A multi-objective genetic optimization for fast, fuzzy rule-based credit classification with balanced accuracy and interpretability


Credit classification is an important component of critical financial decision making tasks such as credit scoring and bankruptcy prediction. Credit classification methods are usually evaluated in terms of their accuracy, interpretability, and computational efficiency. In this paper, we propose an approach for automatic designing of fuzzy rule-based classifiers (FRBCs) from financial data using multi-objective evolutionary optimization algorithms (MOEOAs). Our method generates, in a single experiment, an optimized collection of solutions (financial FRBCs) characterized by various levels of accuracy-interpretability trade-off. In our approach we address the complexity- and semantics-related interpretability issues, we introduce original genetic operators for the classifier's rule base processing, and we implement our ideas in the context of Non-dominated Sorting Genetic Algorithm II (NSGA-II), i.e., one of the presently most advanced MOEOAs.
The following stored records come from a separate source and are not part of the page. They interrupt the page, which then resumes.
//! Commands on a program that the world holds.
ghost use Rattle.std.specs.Prelude.{[], Some};
ghost use Rattle.bp_args.specs.declared.command.Command.TheVariants as command;
ghost use Rattle.bp_cli.specs.Asking.{AsksIn};
ghost use Rattle.bp_cli.specs.Endings.{EndsIn};
ghost use Rattle.bp_cli.specs.inner.Opening.{IsCounted};
ghost use Rattle.bp_cli.specs.Outside.{outside, NeverFalls};

use crate::conclusion::Conclusion;
use crate::ended::Ended;
use crate::opening::{close_inputs, create_log, open_inputs};
use crate::running::run_opened;
use bp_args::Run;
use bp_base::{Sink, World, write_all};
use bp_loading::load;
use js_data::Text;
use std::alloc::Global;
use std::sync::Wait;
use std::thread::Threads;
use std::time::Clock;

/// What is printed for an accepted program.
const ACCEPTED: &[u8] = b"accepted\n";

/// Runs the program of that name as the words ask, with its injectors, prints its run, and keeps
/// its log if they ask for one. The program is opened first, then the injectors, in order, and
/// then the log.
pub(crate) fn run_program<R: Threads + Wait + Sync + Clock, W: World, K: Sink>(
    rt: &R,
    alloc: Global,
    asked: &Run,
    world: &mut W,
    out: &mut K,
) -> Ended
    requires counted { IsCounted (command.Run asked.now) }
    ensures ends { let seen = outside W.holds W.asked W.read_faults W.write_faults
        K.written K.faults in EndsIn (Some (command.Run asked.now)) result.records
        (seen world.old out.old) (seen world.new out.new) result.conclusion }
    ensures asks { AsksIn (Some (command.Run asked.now))
        (W.asked world.old) (W.asked world.new) result.conclusion }
    ensures counts { let seen = outside W.holds W.asked W.read_faults W.write_faults
        K.written K.faults in NeverFalls (seen world.old out.old) (seen world.new out.new) }
{
    let loaded = match load(alloc, world, asked.program.as_str()) {
        Ok(loaded) => loaded,
        Err(why) => return Ended::without_run(alloc, Conclusion::from(why)),
    };
    let inputs = match open_inputs(alloc, world, asked.injectors.as_slice()) {
        Ok(inputs) => inputs,
        Err(error) => return Ended::without_run(alloc, Conclusion::unopened(error)),
    };
    let log = match create_log(world, &asked.log) {
        Ok(log) => log,
        Err(error) => {
            close_inputs(world, inputs);
            return Ended::without_run(alloc, Conclusion::unmade(error));
        }
    };
    run_opened(rt, alloc, asked, loaded, inputs, log, world, out)
}

/// Prints that the program of that name is accepted, or refuses it.
pub(crate) fn accept_program<W: World, K: Sink>(
    alloc: Global,
    name: &Text,
    world: &mut W,
    out: &mut K,
) -> Conclusion
    ensures ends { let seen = outside W.holds W.asked W.read_faults W.write_faults
        K.written K.faults in EndsIn (Some (command.Accept name.now)) []
        (seen world.old out.old) (seen world.new out.new) result }
    ensures asks { AsksIn (Some (command.Accept name.now))
        (W.asked world.old) (W.asked world.new) result }
    ensures counts { let seen = outside W.holds W.asked W.read_faults W.write_faults
        K.written K.faults in NeverFalls (seen world.old out.old) (seen world.new out.new) }
{
    let _loaded = match load(alloc, world, name.as_str()) {
        Ok(loaded) => loaded,
        Err(why) => return Conclusion::from(why),
    };
    match write_all(out, ACCEPTED) {
        Ok(()) => Conclusion::Accepted,
        Err(_) => Conclusion::NotWritten,
    }
}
A significant part of the paper is devoted to an extensive comparative analysis of our approach and 24 alternative methods applied to three standard financial benchmark data sets, i.e., Statlog (Australian Credit Approval), Statlog (German Credit Approval), and Credit Approval (also referred to as Japanese Credit) sets available from the UCI repository of machine learning databases (http://alchive.ics, uci.edu/ml). Several performance measures including accuracy, sensitivity, specificity, and some number of interpretability measures are employed in order to evaluate the obtained systems. Our approach significantly outperforms the alternative methods in terms of the interpretability of the obtained financial data classifiers while remaining either competitive or superior in terms of their accuracy and the speed of decision making.